Mensaje P. Tony Salinas

miércoles, 16 de mayo de 2012



            Hermanos nos acercamos todos a la fiesta de la Pascua de este año, y el relato evangélico de este domingo, nos presenta a Jesús que aunque ha tomado la decisión de afrontar la hora de su pasión, siente esta gran angustia frente a la muerte. En el relato de Juan no ruega que le sea alejada dicha hora: “Ahora mi alma está turbada; y ¿qué diré? ¿Padre sálvame de esta hora? ¡Pero, para esto he llegada a esta hora! Padre, glorifica tu nombre” (Jn 12,27-28). En Marcos, como en los otros sinópticos, la escena es más dramática y el lenguaje más áspero: “¡Abbá, Padre! Todo es posible para ti ¡Aleja de mí este cáliz! Pero no se haga mi voluntad, sino la tuya” (Mc 14,36; Mt 26,39; Lc 22,42). Jesús se turba (en griego “tarasso”), como se había turbado (“tarasso”) delante la muerte de su amigo Lázaro (Jn 11,33) y como se turbará (“tarasso”) ante el anuncio de la traición de uno de sus discípulos (Jn 13,21). Con tal expresión Juan, nos quiere hacer comprender en estos días de alto sentido cristológico, que Jesús ve venir la muerte, pero no la mira desde una perspectiva de monstro devorador. Su turbación le hace comprender que está por entrar en una hora de oscuridad, de tinieblas, como el misterio de un parto, que ciertamente le hará sufrir, pero que le llevará a dar mucho fruto, mucha fecundidad. Esta es la luz, con la cual Cristo turbado, contempla el misterio de su cruz: “El que ama su vida la pierde y el que odia su vida en este mundo la conservará para la vida eterna”. De ahí que se apegue por igual a la imagen de la semilla que cae en tierra. El que se apega a la propia vida considerándola como una fría piedra preciosa que hay que conservar en el joyero del propio egoísmo, es una semilla encerrada en sí misma y estéril. Diferente es, en cambio, el destino de quien “odia su vida”- expresión muy fuerte del lenguaje semita para indicar la renuncia a sí mismo: la donación a los demás es creativa, se transforma en fuente de paz, de vida y de felicidad.
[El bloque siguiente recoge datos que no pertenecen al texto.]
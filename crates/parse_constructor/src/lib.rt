// The code that reads constructors.
#![tactic(auto)]

pub mod constructor;
pub mod factory;
pub mod generative;
pub mod initializer;
pub mod rest;
pub mod scan;
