// Factories (ECMA-408, 10.6.2 Factories).
ghost use Rattle.std.specs.Prelude.{◌≤◌, ◌<◌, ◌+◌};
ghost use Rattle.dart_tree.specs.Depth as height;
ghost use Rattle.dart_tree.specs.UnitView as unit_view;
ghost use Rattle.dart_tree.specs.View as view;
ghost use Rattle.parse_nest.specs.Nests.{NestsExpr, NestsParameters, NestsBlock};
ghost use Rattle.parse_nest.specs.Stages.{exprs_at};
ghost use Rattle.syntax_readers.specs.Declarations as spec;
ghost use Rattle.token_cursor.specs.Gives.{GivesHigh};

use dart_token::sign::Sign;
use dart_token::word::Word;
use dart_tree::declaration::Constructor;
use dart_tree::parameter::Parameters;
use dart_tree::statement::Block;
use dart_tree::types::TypeNode;
use parse_head::name::{constructor_name, external_or_none};
use parse_nest::inside::{Inside, OpenExpr};
use parse_parameter::body::body;
use parse_type::types::type_node;
use std::alloc::Global;
use token_cursor::cursor::Cursor;
use token_cursor::error::ReadFault;

/// Reads a factory (ECMA-408, 10.6.2 Factories).
#[tactic(auto, unfolding(syntax_readers::specs::Declarations::factory))]
pub fn factory<
    E: Fn(Global, &mut Cursor<'_>, usize, bool) -> Result<(OpenExpr, usize), ReadFault>,
    P: Fn(Global, &mut Cursor<'_>, usize) -> Result<(Parameters, usize), ReadFault>,
    B: Fn(Global, &mut Cursor<'_>, usize) -> Result<(Block, usize), ReadFault>,
>(
    nest: &Inside<E, P, B>,
    cursor: &mut Cursor<'_>,
    depth: usize,
    class: &[u8],
) -> Result<(Constructor, usize), ReadFault>
    requires nests { NestsExpr nest.now.limit (E.pre nest.now.expr) (E.post nest.now.expr) }
    requires parameters { NestsParameters nest.now.limit (P.pre nest.now.parameters) (P.post nest.now.parameters) }
    requires blocks { NestsBlock nest.now.limit (B.pre nest.now.block) (B.post nest.now.block) }
    requires within { depth ≤ nest.now.limit }
    requires room { depth + 1 < 18446744073709551616 }
    ensures { GivesHigh unit_view.constructor height.constructor_height (depth + 1)
        (spec.factory (exprs_at depth) class.now cursor.old) result cursor.new }
{
    let external = external_or_none(cursor)?;
    let word = cursor.expect_word(Word::Factory)?;
    let name = constructor_name(nest.alloc, cursor, class)?;
    let (parameters, tall) = nest.parameters(cursor, depth)?;
    let (body, height) = body(nest, cursor, depth)?;
    let found = Constructor::Factory {
        external,
        word,
        name,
        parameters,
        body,
    };
    Ok((found, tall.max(height) + 1))
}

// The type of what a factory redirects to.
fn target_type(
    alloc: Global,
    cursor: &mut Cursor<'_>,
    depth: usize,
) -> Result<(TypeNode, usize), ReadFault>
    ensures { GivesHigh view.type_node height.type_height depth ((exprs_at depth).type cursor.old) result cursor.new }
{
    type_node(alloc, cursor, depth)
}

/// Reads a redirecting factory (ECMA-408, 10.6.2, Redirecting Factory Constructors).
#[tactic(auto, unfolding(syntax_readers::specs::Declarations::redirecting_factory))]
pub fn redirecting_factory<
    E: Fn(Global, &mut Cursor<'_>, usize, bool) -> Result<(OpenExpr, usize), ReadFault>,
    P: Fn(Global, &mut Cursor<'_>, usize) -> Result<(Parameters, usize), ReadFault>,
    B: Fn(Global, &mut Cursor<'_>, usize) -> Result<(Block, usize), ReadFault>,
>(
    nest: &Inside<E, P, B>,
    cursor: &mut Cursor<'_>,
    depth: usize,
    class: &[u8],
) -> Result<(Constructor, usize), ReadFault>
    requires parameters { NestsParameters nest.now.limit (P.pre nest.now.parameters) (P.post nest.now.parameters) }
    requires within { depth ≤ nest.now.limit }
    requires room { depth + 1 < 18446744073709551616 }
    ensures { GivesHigh unit_view.constructor height.constructor_height (depth + 1)
        (spec.redirecting_factory (exprs_at depth) class.now cursor.old) result cursor.new }
{
    let external = external_or_none(cursor)?;
    let word = cursor.expect_word(Word::Factory)?;
    let name = constructor_name(nest.alloc, cursor, class)?;
    let (parameters, tall) = nest.parameters(cursor, depth)?;
    let equals = cursor.expect(Sign::Assign)?;
    let (target, height) = target_type(nest.alloc, cursor, depth)?;
    let constructor = cursor.maybe_dot_name(nest.alloc)?;
    let semicolon = cursor.expect(Sign::Semicolon)?;
    let found = Constructor::RedirectingFactory {
        external,
        word,
        name,
        parameters,
        equals,
        class: target,
        constructor,
        semicolon,
    };
    Ok((found, tall.max(height) + 1))
}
            Y de esta “turbación” y “angustia”, Jesús pasa como testimonian los evangelios plenamente, de la seguridad de su resurrección como de su muerte inminente. Que Dios no lo dejaría en la muerte, sino que lo sacaría de ella, debió de ser tan cierto para él, como estaba seguro de que Dios es su Padre. La imagen de la semilla encaja perfectamente con su pensamiento. En efecto, la semilla cae en la profunda oscuridad de la tierra: los comentadores de los primeros siglos cristianos veían aquí una alusión a la encarnación del Hijo de Dios en el horizonte tenebroso de la historia. En el terreno parece que la energía de la semilla esté condenada a apagarse; en efecto, la semilla se marchita y muerte. Sin embargo, he aquí la eterna sorpresa de la naturaleza: cuando a su debido tiempo madura se revela el secreto fecundo de esa muerte.
            Este domingo pues, el lenguaje es plenamente “pascual”, Jesús siente que tiene que pasar a través de la vía dolorosa y oscura de la muerte en cruz para conducir a la humanidad por el camino luminoso de la vida divina. Calvino, a este propósito escribió: “Nada habría sido alcanzado, si Jesucristo no hubiera sufrido más que la muerte corporal. Era necesario que llevara el rigor de la venganza de Dios en su alma… Por eso, se requirió que combatiera contra las fuerzas del infierno, y que luchara como cuerpo a cuerpo contra el horror de la muerte eterna”. Al fin Cristo, “combatiendo contra el poder del diablo, contra el horror de la muerte, contra los dolores del infierno, obtuvo la victoria y triunfó sobre ellos”.